Although the proposed method solves problems regarding TOD planning, there are several features to be improved and extended in the future. Overall, this study applies fixed-dimension cells for designing, allocates a pure land use category to each cell, and does not consider the mixed uses of buildings, which reduces the diversity of the realistic urban environment. Therefore, it would be significant to incorporate different land parcel shapes and mixed-use buildings into planning. Secondly, the alternative land use sketch maps from the proposed model are scattered and discrete, which creates problems in practical urban planning.

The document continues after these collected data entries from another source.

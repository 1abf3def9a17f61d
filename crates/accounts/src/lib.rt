// The history of a run of calls, and what is read off it: grants, releases, and waiters served in turn. There is no code here.
#![tactic(auto)]
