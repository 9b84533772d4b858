// A list or an image written to the front of a lent output, and an image changed in place. The size is known before the
// first byte is written, so an output without room (21) stays as it was. It checks no form and refuses nothing else.
#![tactic(auto)]

mod image;
mod list;

pub use image::{put_element, take_entries, write_element, write_image};
pub use list::write_list;
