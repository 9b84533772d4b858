// The listing between a reader and a writer: what is read from one is listed to the other. It reads one byte more than
// a listing accepts, so that a longer input is noticed.
#![tactic(auto)]

ghost use Rattle.std.specs.Prelude.{◌≡◌, ◌≤◌, length, take, IfOk, IfSome, OnOk, OnErr};
ghost use Rattle.std.specs.Io.{ReadsAtMost};
ghost use Rattle.std.specs.Io.KnownBytes.{Appends};
ghost use Rattle.listing.specs.Listing.{listing_of};
ghost use Rattle.shell.specs.Partly.{Extends, LosesFront};

use std::io;
use std::io::{ErrorKind, Read, Write};

// Where it is known what the reader has and what the writer holds, the writer then holds the listing of all of it.
// After an error the writer holds what it held, and maybe some bytes behind it.
pub fn list_between<R: Read, W: Write>(input: &mut R, output: &mut W) -> io::Result<()>
    ensures ok { OnOk result (IfSome (R.remaining input.old)
        (λ all. Appends (W.contents output.old) (W.contents output.new) (listing_of all))) }
    ensures err { OnErr result (Extends (W.contents output.old) (W.contents output.new)) }
    ensures err_input { OnErr result (LosesFront (R.remaining input.old) (R.remaining input.new)) }
{
    let mut given = [0u8; 65537];
    let mut text = [0u8; 65536];
    list_through(input, output, &mut given, &mut text)
}

// The listing, by a buffer for the input and one for the text.
fn list_through<R: Read, W: Write>(
    input: &mut R,
    output: &mut W,
    given: &mut [u8],
    text: &mut [u8],
) -> io::Result<()>
    requires input_room { length given.old ≡ 65537 }
    requires text_room { 65536 ≤ length text.old }
    ensures ok { OnOk result (IfSome (R.remaining input.old)
        (λ all. Appends (W.contents output.old) (W.contents output.new) (listing_of all))) }
    ensures err { OnErr result (Extends (W.contents output.old) (W.contents output.new)) }
    ensures err_input { OnErr result (LosesFront (R.remaining input.old) (R.remaining input.new)) }
{
    let n = read_full(input, given)?;
    let m = listing::print_into(&given[..n], text);
    write_whole(output, &text[..m])
}

// Writes all the bytes, as `write_all` of std does; it also says what an error leaves. A write that was interrupted is
// tried again, and one that takes no byte is an error.
pub fn write_whole<W: Write>(to: &mut W, bytes: &[u8]) -> io::Result<()>
    ensures ok { OnOk result (Appends (W.contents to.old) (W.contents to.new) bytes.now) }
    ensures err { OnErr result (Extends (W.contents to.old) (W.contents to.new)) }
{
    let mut done = 0;
    for _turn in 0..u64::MAX {
        if bytes.len() <= done {
            return Ok(());
        }
        match to.write(&bytes[done..]) {
            Ok(0) => {
                return Err(io::Error::new(ErrorKind::WriteZero, "failed to write whole buffer"));
            }
            Ok(n) => done += n,
            Err(e) => {
                if e.kind() != ErrorKind::Interrupted {
                    return Err(e);
                }
            }
        }
    }
    Err(io::Error::new(ErrorKind::TimedOut, "gave up writing after 2^64 tries"))
}

// Reads until the buffer is full or the input ends; returns how many bytes were read.
pub fn read_full<R: Read>(input: &mut R, buffer: &mut [u8]) -> io::Result<usize>
    ensures bound { ReadsAtMost result buffer.new }
    ensures bytes { IfOk result (λ n. IfSome (R.remaining input.old)
        (λ all. take n buffer.new ≡ take (length buffer.old) all)) }
    ensures loses { LosesFront (R.remaining input.old) (R.remaining input.new) }
{
    let mut done = 0;
    // A turn reads any number of bytes, so no `for` is plainer.
    while done < buffer.len() {
        let n = input.read(&mut buffer[done..])?;
        if n == 0 {
            return Ok(done);
        }
        done += n;
    }
    Ok(done)
}
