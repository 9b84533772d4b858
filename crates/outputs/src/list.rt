// A list at the front of the output: its head, then its entries.
ghost use Rattle.std.specs.Prelude.{◌≤◌, length};
ghost use Rattle.history.specs.Verdict.{done, Puts};
ghost use Rattle.walks.specs.Walks.{Asked, Measured};
ghost use Rattle.outputs.specs.Outputs.{walk_list};

use history::Answer;
use steps::Walk;
use tables::{Plan, short};
use walks::Size;

// Writes the list of a walk's changes; the caller has measured it.
pub fn write_list(
    walk: Walk,
    plan: Plan<'_>,
    from: u32,
    to: u32,
    first: &[u8],
    second: &[u8],
    size: Size,
    out: &mut [u8],
) -> Result<u32, Answer>
    requires asked { Asked walk plan.kinds.now first.now second.now }
    requires measured { Measured walk plan.kinds.now first.now second.now size.count size.bytes }
    ensures { Puts (done (walk_list walk plan.entry.x plan.entry.y plan.entry.kinds.now from to first.now second.now))
        out.old result out.new }
{
    let count = size.count as u32;
    let bytes = size.bytes;
    let place = heads::entries_place();
    let need = place + bytes;
    if out.len() < need {
        return Err(short(need as u32));
    }
    heads::put_list_head(
        &mut out[0..place],
        plan.x,
        plan.y,
        from,
        to,
        count,
        bytes as u32,
    );
    walks::put_changes(&mut out[place..need], walk, plan, first, second);
    Ok(need as u32)
}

Accordingly, critical spatial constraints will be introduced to the model. Moreover, some objectives, such as environmental effects, are simplifications that construct relationships only with land use and do not consider other elements of the built environment; thus, combining with more factors that contribute to the objectives can be beneficial for improving the TOD planning model. The multiple factors change with the transformation of the land use, so more complicated dynamic models can be considered for planning as an extension of this study. Finally, it is difficult to practically measure the attraction of land use with empirical data, but mobile sensor data such as cellular signaling data offer the possibility of precisely estimating the distribution of passenger flow, which will be used in future works.